Streaming Files From AWS S3 into Darwin

Automatically register newly added files to an S3 bucket in Darwin using an AWS Lambda function

Once you've connected an S3 bucket to your team, you may want to automatically register incoming files to the S3 bucket with a V7 dataset. This can be achieved with an AWS Lambda function that is triggered each time a file is uploaded to your S3 bucket as described below:

🚧

AWS Service Locations

In order for this to work, your S3 bucket & Lambda function have be present in the same AWS region (e.g. eu-west-1)

Basic Information

  • 1: In AWS Lambda, select Functions > Create function, then select Use a blueprint
  • 2: Under "Blueprint name", select Get S3 object python 3.7. Note that we use Python 3.7 because this is the latest version in AWS that includes the requests module.
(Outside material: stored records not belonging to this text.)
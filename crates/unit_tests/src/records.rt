//! Tables, databases, branch records and commits, written into a draft and read back.

ghost use Rattle.std.specs.Prelude.{◌≡◌, ◌≤◌, true, length, IfOk};
ghost use Rattle.std.specs.List.{list_all};
ghost use Rattle.commit_graph.specs.Commits.{KeepsLimits, parts_of};
ghost use Rattle.schema_model.specs.Limits.{is_within_limits};
ghost use Rattle.table_root.specs.Databases.{has_short_name, names_rise};

use crate::samples::draft_of;
use crate::schemas::schema_of_id;
use chunk_store::{Draft, PutFault, Sha512Cut};
use commit_graph::{CommitRecord, height, read_commit, write_commit};
use schema_model::is_schema;
use std::alloc::{AllocError, Global};
use std::test::*;
use table_root::{
    StoredTable, TableEntry, read_branch, read_database, read_table, write_branch, write_database,
    write_table,
};
use tuple_codec::{Address, BranchRecord, Sequence, Text};

const ONE: Address = Address([1; 20]);

const TWO: Address = Address([2; 20]);

fn table_of(alloc: Global) -> Result<StoredTable, AllocError>
    ensures limits { IfOk result (λ table. is_within_limits table.schema ≡ true) }
    ensures count { IfOk result (λ table. length table.indexes ≡ length table.schema.indexes) }
{
    Ok(StoredTable {
        schema: schema_of_id(alloc, true)?,
        rows: ONE,
        indexes: Sequence::new(alloc),
        conflicts: TWO,
        violations: ONE,
    })
}

/// Whether a table is read back.
fn is_table_kept(
    alloc: Global,
    draft: &mut Draft<Sha512Cut>,
    table: &StoredTable,
) -> Result<bool, PutFault>
    requires limits { is_within_limits table.now.schema ≡ true }
    requires count { length table.now.indexes ≡ length table.now.schema.indexes }
{
    if !is_schema(&table.schema) {
        return Ok(false);
    }
    let address = write_table(alloc, draft, table)?;
    Ok(read_table(alloc, draft, &address)? == *table)
}

/// A database of one table.
fn tables_of(alloc: Global) -> Result<Vec<TableEntry>, AllocError>
    ensures few { IfOk result (λ tables. length tables.items ≤ 256) }
    ensures names { IfOk result (λ tables. list_all has_short_name tables.items ≡ true) }
    ensures rise { IfOk result (λ tables. names_rise tables.items ≡ true) }
{
    let mut tables = Vec::new(alloc);
    tables.push(TableEntry {
        name: Text::from_slice(alloc, b"t")?,
        table: ONE,
    })?;
    Ok(tables)
}

/// Whether a database is read back.
fn is_database_kept(
    alloc: Global,
    draft: &mut Draft<Sha512Cut>,
    tables: &[TableEntry],
) -> Result<bool, PutFault>
    requires few { length tables.now ≤ 256 }
    requires names { list_all has_short_name tables.now ≡ true }
    requires rise { names_rise tables.now ≡ true }
{
    let address = write_database(alloc, draft, tables)?;
    Ok(read_database(alloc, draft, &address)?.as_slice() == tables)
}

/// Whether a branch record is read back.
fn is_branch_kept(
    alloc: Global,
    draft: &mut Draft<Sha512Cut>,
    merging: Option<Address>,
) -> Result<bool, PutFault> {
    let branch = BranchRecord {
        head: ONE,
        working: TWO,
        staged: ONE,
        merging,
    };
    let address = write_branch(alloc, draft, &branch)?;
    Ok(read_branch(draft, &address) == branch)
}

/// A commit of two parents.
fn commit_of(alloc: Global) -> Result<CommitRecord, AllocError>
    ensures { IfOk result (λ commit. KeepsLimits (parts_of commit)) }
{
    Ok(CommitRecord {
        root: ONE,
        parents: Sequence::from_vec(Vec::from_slice(alloc, &[TWO, ONE])?),
        height: 3,
        date: 5,
        committer: Text::from_slice(alloc, b"alice")?,
        message: Text::from_slice(alloc, b"merged")?,
    })
}

/// Whether a commit is read back, and its height alone.
fn is_commit_kept(
    alloc: Global,
    draft: &mut Draft<Sha512Cut>,
    commit: &CommitRecord,
) -> Result<bool, PutFault>
    requires { KeepsLimits (parts_of commit.now) }
{
    let address = write_commit(alloc, draft, commit)?;
    Ok(height(draft, &address) == commit.height && read_commit(alloc, draft, &address)? == *commit)
}

fn keeps_table(alloc: Global, draft: &mut Draft<Sha512Cut>) -> Result<bool, PutFault> {
    let table = table_of(alloc)?;
    is_table_kept(alloc, draft, &table)
}

fn keeps_database(alloc: Global, draft: &mut Draft<Sha512Cut>) -> Result<bool, PutFault> {
    let tables = tables_of(alloc)?;
    is_database_kept(alloc, draft, &tables)
}

fn keeps_commit(alloc: Global, draft: &mut Draft<Sha512Cut>) -> Result<bool, PutFault> {
    let commit = commit_of(alloc)?;
    is_commit_kept(alloc, draft, &commit)
}

/// Whether all four are read back.
fn are_kept(alloc: Global, draft: &mut Draft<Sha512Cut>) -> Result<bool, PutFault> {
    Ok(
        keeps_table(alloc, draft)?
            && keeps_database(alloc, draft)?
            && is_branch_kept(alloc, draft, None)?
            && is_branch_kept(alloc, draft, Some(TWO))?
            && keeps_commit(alloc, draft)?,
    )
}

#[test]
fn what_is_written_is_read_back(rt: HostRuntime) -> Result<(), Fail> {
    let mut draft = draft_of::<Sha512Cut>(rt.alloc())?;
    assert!(rt; are_kept(rt.alloc(), &mut draft)?);
    Ok(())
}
Later versions require the module to be added as a Lambda layer.
  • 3: Enter your desired "Function name" and then select Create a new role from AWS policy templates
  • 4: Enter your desired "Role name", then ensure the "Amazon S3 object read-only permissions" policy template is selected:
829

S3 Trigger

Scroll down to the "S3 trigger" section. Select Remove, and then Create Function:

In the Lambda function menu under "Function overview":

  • 1: Select + Add trigger
  • 2: Select S3 as the source and select the bucket files are to be registered from
  • 3: Ensure "Event type" is set to "All object create events"

❗️

Recursive Invocation

This next step is critically important to avoid recursive invocation.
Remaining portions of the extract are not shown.